Unity-Technologies / ml-agents

The Unity Machine Learning Agents Toolkit (ML-Agents) is an open-source project that enables games and simulations to serve as environments for training intelligent agents using deep reinforcement learning and imitation learning.
https://unity.com/products/machine-learning-agents
Other
16.93k stars 4.14k forks source link

Different behaviour between frozen and live model #3780

Closed Alexander-Bakogeorge closed 3 years ago

Alexander-Bakogeorge commented 4 years ago

Describe the bug Hi, I'm trying to train 2 agents to balance a weight on a small planet. So fair my trainings have been successful, but I've noticed an odd behaviour. When I run inference through python (mlagents-learn, sans --train), my agents move more sporadically than their exported .nn file counterparts. I've attached two gifs below to illustrate (both are at 10 timescale, red balls are agents, white ball is the weight).

Screenshots .nn files gif1 Python gif2

Environment

andrewcoh commented 4 years ago

Hi @Alexander-Bakogeorge

Can you share your trainer configuration too?

Alexander-Bakogeorge commented 4 years ago

@andrewcoh

    trainer: ppo
    batch_size: 128
    beta: 5.0e-3
    buffer_size: 1024
    epsilon: 0.2
    hidden_units: 128
    lambd: 0.95
    learning_rate: 3.0e-4
    learning_rate_schedule: linear
    max_steps: 1.0e7
    memory_size: 256
    normalize: false
    num_epoch: 3
    num_layers: 2
    time_horizon: 64
    sequence_length: 64
    summary_freq: 10000
    use_recurrent: false
    vis_encode_type: simple
    reward_signals:
        extrinsic:
            strength: 1.0
            gamma: 0.99
        curiosity:
            strength: 0.02
            gamma: 0.99
            encoding_size: 256
andrewcoh commented 4 years ago

At what point in training did you record that python gif?

Can you describe the agent's objective and the reward function?

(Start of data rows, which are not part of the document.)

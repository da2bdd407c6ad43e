//! The law that each error of a source has one of ten numbers and a line of the text, over definitions alone.
//!
//! The tokens of a text stand on its lines (`PhysicalLines.antt`, `TextLines.antt`), so the logical lines and what they say do
//! (`LogicalLines.antt`, `SaidLines.antt`), and so does all that is known between them (`Known.antt`).
mod laws;

pub use laws::an_error_has_a_number_and_a_line;
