//! No block of a program that was read is empty, and the end of a loop names other variables than the loop's.
//!
//! A line that opens a block awaits a line in it, and a block ends only where nothing is awaited
//! (`proofs/blocks_lemmas/Filled`, `proofs/blocks_lemmas/Lines`). The names of an end are in force before the loop, and the name of its
//! variable is not (`proofs/blocks_lemmas/Ends`).
mod laws;

pub use laws::{
    no_block_of_a_program_that_was_read_is_empty,
    the_end_of_a_loop_that_was_read_names_other_variables,
};
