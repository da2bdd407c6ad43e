//! Laws about sources that are read, over definitions alone: there is no code here.
//!
//! `decided` has which error of a source is told, and `told` that it has one of ten numbers and a line of the
//! text. `readable` has that a program which was read is well formed, and `blocks` that none of its blocks is
//! empty and that the ends of its loops name other variables than the loops'.
#![tactic(auto)]

mod blocks;
mod decided;
mod readable;
mod told;

pub use blocks::{
    no_block_of_a_program_that_was_read_is_empty,
    the_end_of_a_loop_that_was_read_names_other_variables,
};
pub use decided::{
    errors_of_tokens_go_first, no_line_of_a_program_is_refused, the_first_refused_line_decides,
};
pub use readable::a_program_that_was_read_is_well_formed;
pub use told::an_error_has_a_number_and_a_line;
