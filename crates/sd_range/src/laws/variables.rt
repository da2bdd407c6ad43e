ghost use Rattle.std.specs.Prelude.{◌≡◌, ◌≢◌, ◌<◌, ℕ, ℤ, List, length, slice_set};
ghost use Rattle.sd_range.specs.Affine.{variable_value};
ghost use Rattle.sd_range.specs.Variables.{with_variable};

/// A variable that is set has its value, the others keep theirs, and where it had a value before
/// the list stays as long as it was.
pub fn a_variable_that_is_set_has_its_value()
    ensures set { (variable : ℕ) (value : ℤ) (values : List ℤ)
        → variable_value (with_variable variable value values) variable ≡ value }
    ensures kept { (variable other : ℕ) (value : ℤ) (values : List ℤ)
        → variable ≢ other → variable_value (with_variable variable value values) other ≡ variable_value values other }
    ensures replaced { (variable : ℕ) (value : ℤ) (values : List ℤ)
        → variable < length values → with_variable variable value values ≡ slice_set values variable value }
{}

Alexander-Bakogeorge commented 4 years ago

Clips were recorded at ~9 million steps.

The goal is for it to be a cooperative task, where the agents need to work together to keep themselves and the weight above the equator. If any of the agents, or the weight, drop past the equator Done is called on the agents. They are then re-positioned to the top of the planet along with the weight and the next episode starts.

The agents get 0.1 reward per decision where they are still alive, with no penalties for environment resets or dying.

andrewcoh commented 4 years ago

Ok, I understand. Just to be sure, did you drag and drop the newly learned models into your agents? Is this the same behavior you see when you just press play in the editor without launching the python process?

Alexander-Bakogeorge commented 4 years ago

I did just drag and drop the newly learned models into my agent's behaviour parameters script post training. The 1st gif I shared is the behaviour I see when I press play in editor without the python process.

anupam-142857 commented 4 years ago

thanks for notifying about this issue @Alexander-Bakogeorge. I have added this to our bug tracker.

stale[bot] commented 3 years ago

This issue has been automatically marked as stale because it has not had activity in the last 14 days. It will be closed in the next 14 days if no further activity occurs. Thank you for your contributions.

stale[bot] commented 3 years ago

This issue has been automatically closed because it has not had activity in the last 28 days. If this issue is still valid, please ping a maintainer. Thank you for your contributions.

github-actions[bot] commented 3 years ago

This thread has been automatically locked since there has not been any recent activity after it was closed. Please open a new issue for related bugs.